# FS: 2 Large Discus $100/both and 7 large SAE's



## thatplantguy (May 2, 2010)

RED = SOLD
Discus, its been a while and im not sure on their names. They are all healthy adult discus that i purchased from April. No problems with them, Due to being in a large open envirement they are not shy fish, they come out to the front regularily:
(2) Red Turq?: brown guy, 6". eating well, strong, great shape and colors. $75obo
(4) help me name the last fish -seen in last photo??? 5" - 5.5" or so $50

*OR take them both for $100*

7 SAE's. LARGE GUYS! $3.00/ea


----------



## TCR (Jul 13, 2010)

Can I take the clowns corys tetras and the butterfly


----------



## Discus (Apr 23, 2010)

pmed......


----------



## Brisch (May 13, 2010)

i think the butterfly has found a new perspective on the world he likes better


----------



## thatplantguy (May 2, 2010)

two discus remain, and the SAE's - THEY HAVE TO GO.


----------



## thatplantguy (May 2, 2010)

bump, price drop


----------



## thatplantguy (May 2, 2010)

New price this week only


----------



## PeteAce (Oct 23, 2010)

How large are the SAEs?
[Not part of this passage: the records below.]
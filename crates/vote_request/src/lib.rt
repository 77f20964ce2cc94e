//! What the program can be asked for, as one type.
//!
//! - [`Request`] is generic over what is known about a file: the command line gives its name, and a run has its bytes. [`Purpose`]
//!   says what a count is for, and [`Listing`] what is listed about the ballots.
//!
//! This crate knows nothing about votes or command lines.
#![tactic(auto)]

pub mod laws;
mod request;

pub use request::{Listing, Purpose, Request};

/// The greatest number of desks that can be asked for.
pub const MAX_DESKS: u8 = 8;
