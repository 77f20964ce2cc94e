//! The limit of a request, as a number. The law is the contract of a function that does nothing.

ghost use Rattle.std.specs.Prelude.{◌≡◌};

use crate::MAX_DESKS;

/// A request can have at most 8 desks, as `docs/FORMATS.md` says.
pub fn words_ask_for_eight_desks_at_most()
    ensures { MAX_DESKS ≡ 8 }
{}
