//! The kinds of request, and the files of each.

ghost use Rattle.std.specs.Prelude.{◌≡◌};
ghost use Rattle.vote_request.specs.Requests.{ballot_file, poll_file, purpose_on, request_on, sheet_file};

/// What a count is for.
#[derive(Clone, Copy)]
pub enum Purpose<T> {
    /// The result sheet.
    Sheet,
    /// The outcome as a graph for Graphviz.
    Picture,
    /// Whether this file is a sheet of the count, with any casting vote or none.
    Verification(T),
}

/// What is listed about the ballots. One desk casts them in their order.
#[derive(Clone, Copy)]
pub enum Listing {
    /// The reply to each ballot.
    Steps,
    /// The ballots that count: the last valid ballot of each elector.
    Standing,
}

/// A request on files that are known by a `T`: their names, or their bytes.
#[derive(Clone, Copy)]
pub enum Request<'a, T> {
    /// Count the ballots, and print what the purpose asks for.
    Count {
        poll: T,
        ballots: T,
        /// From 1 to [`MAX_DESKS`](crate::MAX_DESKS).
        desks: u8,
        /// The name of the option that the casting vote chooses in a tie.
        casting: Option<&'a [u8]>,
        purpose: Purpose<T>,
    },
    /// Print a listing of the ballots.
    List {
        poll: T,
        ballots: T,
        listing: Listing,
    },
    /// Check the poll file.
    Check {
        poll: T,
    },
    /// Print all that is wrong with the poll and, if they are given, with the ballots.
    Explain {
        poll: T,
        ballots: Option<T>,
        /// The name of the ballot file, for a command that repairs it.
        file: Option<&'a str>,
        /// The name of the poll file, for a command that repairs it.
        poll_name: Option<&'a str>,
    },
}

impl<T: Copy> Purpose<T> {
    /// The same purpose; if a sheet is compared, with this sheet instead.
    fn with_sheet<U: Copy>(&self, sheet: U) -> Purpose<U>
        ensures { result ≡ purpose_on self.now sheet }
    {
        match self {
            Purpose::Sheet => Purpose::Sheet,
            Purpose::Picture => Purpose::Picture,
            Purpose::Verification(_) => Purpose::Verification(sheet),
        }
    }
}

impl<'a, T: Copy> Request<'a, T> {
    /// The poll file.
    pub fn poll(&self) -> T
        ensures { result ≡ poll_file self.now }
    {
        match self {
            Request::Count { poll, .. }
            | Request::List { poll, .. }
            | Request::Check { poll }
            | Request::Explain { poll, .. } => *poll,
        }
    }

    /// The ballot file, if there is one.
    pub fn ballots(&self) -> Option<T>
        ensures { result ≡ ballot_file self.now }
    {
        match self {
            Request::Count { ballots, .. } | Request::List { ballots, .. } => Some(*ballots),
            Request::Explain { ballots, .. } => *ballots,
            Request::Check { .. } => None,
        }
    }

    /// The published sheet, if one is compared.
    pub fn sheet(&self) -> Option<T>
        ensures { result ≡ sheet_file self.now }
    {
        match self {
            Request::Count {
                purpose: Purpose::Verification(sheet),
                ..
            } => Some(*sheet),
            _ => None,
        }
    }

    /// The same request on these files.
    pub fn on<U: Copy>(&self, poll: U, ballots: U, sheet: U) -> Request<'a, U>
        ensures { result ≡ request_on self.now poll ballots sheet }
    {
        match self {
            Request::Count {
                desks,
                casting,
                purpose,
                ..
            } => Request::Count {
                poll,
                ballots,
                desks: *desks,
                casting: *casting,
                purpose: purpose.with_sheet(sheet),
            },
            Request::List { listing, .. } => Request::List {
                poll,
                ballots,
                listing: *listing,
            },
            Request::Check { .. } => Request::Check { poll },
            Request::Explain {
                ballots: given,
                file,
                poll_name,
                ..
            } => Request::Explain {
                poll,
                ballots: match given {
                    Some(_) => Some(ballots),
                    None => None,
                },
                file: *file,
                poll_name: *poll_name,
            },
        }
    }
}
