//! Calls of modules without host calls in `main`, and modules that no function may have.

use crate::tests::{ANSWER, TYPES, answered};
use std::alloc::{AllocError, Global};
use std::test::Fail;

const ONE_TYPE: &str = "0105016000017f";

const TWO_TYPES: &str = "0108026000017f600000";

pub const ONE_FUNCTION: &str = "03020100";

const TWO_FUNCTIONS: &str = "0303020001";

pub const ONE_PAGE: &str = "0503010001";

const MAIN: &str = "070801046d61696e0000";

const MAIN_AND_INIT: &str = "070f02046d61696e000004696e69740001";

/// The body of `main` alone, which returns 42.
const RETURNS: &str = "0a06010400412a0b";

/// The import of a host call.
const INPUT_SIZE: &str = "02140105666161736d0a696e7075745f73697a650000";

/// 17 pages; `init` stores 7, and `main` returns it and stores 9 in its place.
const KEEP: &[&str] = &[
    TWO_TYPES,
    TWO_FUNCTIONS,
    "0503010011",
    MAIN_AND_INIT,
    "0a1d02100041800828020041800841093602000b",
    "0a0041800841073602000b",
];

/// The sections of a module, the fuel, and the line and the status that are due to a call.
const ROWS: [(&str, &[&str], &str, &str, u8); 18] = [
    (
        "unreachable",
        &[ONE_TYPE, ONE_FUNCTION, MAIN, "0a06010400006a0b"],
        "10",
        "call trap unreachable used 1\n",
        1,
    ),
    (
        "the smallest by minus one",
        &[
            ONE_TYPE,
            ONE_FUNCTION,
            MAIN,
            "0a0d010b00418080808078417f6d0b",
        ],
        "10",
        "call trap integer overflow used 3\n",
        1,
    ),
    (
        "its remainder",
        &[
            ONE_TYPE,
            ONE_FUNCTION,
            MAIN,
            "0a0d010b00418080808078417f6f0b",
        ],
        "10",
        "call done 0 used 3 output \n",
        0,
    ),
    (
        "a load over the end of memory",
        &[
            ONE_TYPE,
            ONE_FUNCTION,
            ONE_PAGE,
            MAIN,
            "0a0c010a0041fcff03290300a70b",
        ],
        "10",
        "call trap out of bounds memory access used 2\n",
        1,
    ),
    (
        "a call of itself",
        &[ONE_TYPE, ONE_FUNCTION, MAIN, "0a0601040010000b"],
        "5000",
        "call trap stack exhausted used 1024\n",
        1,
    ),
    (
        "a segment behind the memory",
        &[
            ONE_TYPE,
            ONE_FUNCTION,
            ONE_PAGE,
            MAIN,
            RETURNS,
            "0b090100418080040b012a",
        ],
        "10",
        "call broken segment\n",
        1,
    ),
    (
        "65 pages",
        &[ONE_TYPE, ONE_FUNCTION, "0503010041", MAIN, RETURNS],
        "10",
        "call broken quota\n",
        1,
    ),
    (
        "what init leaves",
        KEEP,
        "10",
        "call done 7 used 5 output \n",
        0,
    ),
    (
        "each its own fuel",
        KEEP,
        "5",
        "call done 7 used 5 output \n",
        0,
    ),
    ("too little for main", KEEP, "4", "call fuel\n", 1),
    ("too little for init", KEEP, "2", "call broken fuel\n", 1),
    (
        "an init without end",
        &[
            TWO_TYPES,
            TWO_FUNCTIONS,
            MAIN_AND_INIT,
            "0a0e020400412a0b070003400c000b0b",
        ],
        "100",
        "call broken fuel\n",
        1,
    ),
    (
        "a start function that traps",
        &[
            TWO_TYPES,
            TWO_FUNCTIONS,
            MAIN,
            "080101",
            "0a0a020400412a0b0300000b",
        ],
        "10",
        "call broken trap unreachable\n",
        1,
    ),
    ("the header alone", &[], "10", "no main\n", 3),
    (
        "main imported",
        &[ONE_TYPE, INPUT_SIZE, MAIN],
        "10",
        "no main\n",
        3,
    ),
    (
        "an import from elsewhere, and no main",
        &[ONE_TYPE, "02090103656e7601660000"],
        "10",
        "bad import 0\n",
        3,
    ),
    (
        "an init with a result",
        &[
            ONE_TYPE,
            ONE_FUNCTION,
            "070f02046d61696e000004696e69740000",
            RETURNS,
        ],
        "10",
        "bad init\n",
        3,
    ),
    (
        "a host call in init",
        &[
            TWO_TYPES,
            INPUT_SIZE,
            TWO_FUNCTIONS,
            "070f02046d61696e000104696e69740002",
            "0a0c020400412a0b050010001a0b",
        ],
        "10",
        "call broken host call\n",
        1,
    ),
];

/// The module of these sections, in hexadecimal digits.
pub fn module(alloc: Global, sections: &[&str]) -> Result<Vec<u8>, AllocError> {
    let mut bytes = Vec::from_slice(alloc, &ANSWER[..TYPES])?;
    for section in sections {
        match hex::decode(alloc, *section) {
            Ok(section) => bytes.extend_from_slice(&section)?,
            Err(_) => return Err(AllocError),
        }
    }
    Ok(bytes)
}

#[test]
fn modules_are_called(rt: HostRuntime) -> Result<(), Fail> {
    let alloc = rt.alloc();
    for (name, sections, fuel, line, status) in ROWS {
        let file = module(alloc, sections)?;
        let (answer, written) = answered(alloc, &["call", "m.wasm", "", fuel], &file, 100)?;
        assert_eq!(rt; written.as_slice(), line.as_bytes(), "{name}");
        assert_eq!(rt; answer, status, "{name}");
        let (answer, written) = answered(alloc, &["check", "m.wasm"], &file, 100)?;
        assert_eq!(rt; written.as_slice(), "valid\n".as_bytes(), "check: {name}");
        assert_eq!(rt; answer, 0, "check: {name}");
    }
    Ok(())
}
I'm looking for a few, but hoping for smaller ones cos my other fish are tiny.


----------



## discussdiscus (Oct 25, 2010)

Love the pics. New to the site. what is SAE? Do you still have 2 left.


----------



## thefishwife (Apr 21, 2010)

discussdiscus said:


> Love the pics. New to the site. what is SAE? Do you still have 2 left.


SAE=simese algae eater


----------



## thatplantguy (May 2, 2010)

The Sae's are about 4" in length. Thanks for the clarification kin (Fishwife). I still have 7 left


----------



## thatplantguy (May 2, 2010)

move went well, but i still have these fish for sale in a temporary tank, please take them


----------



## Ursus sapien (Apr 21, 2010)

timing timing timing - ug!

good price for a great fish


----------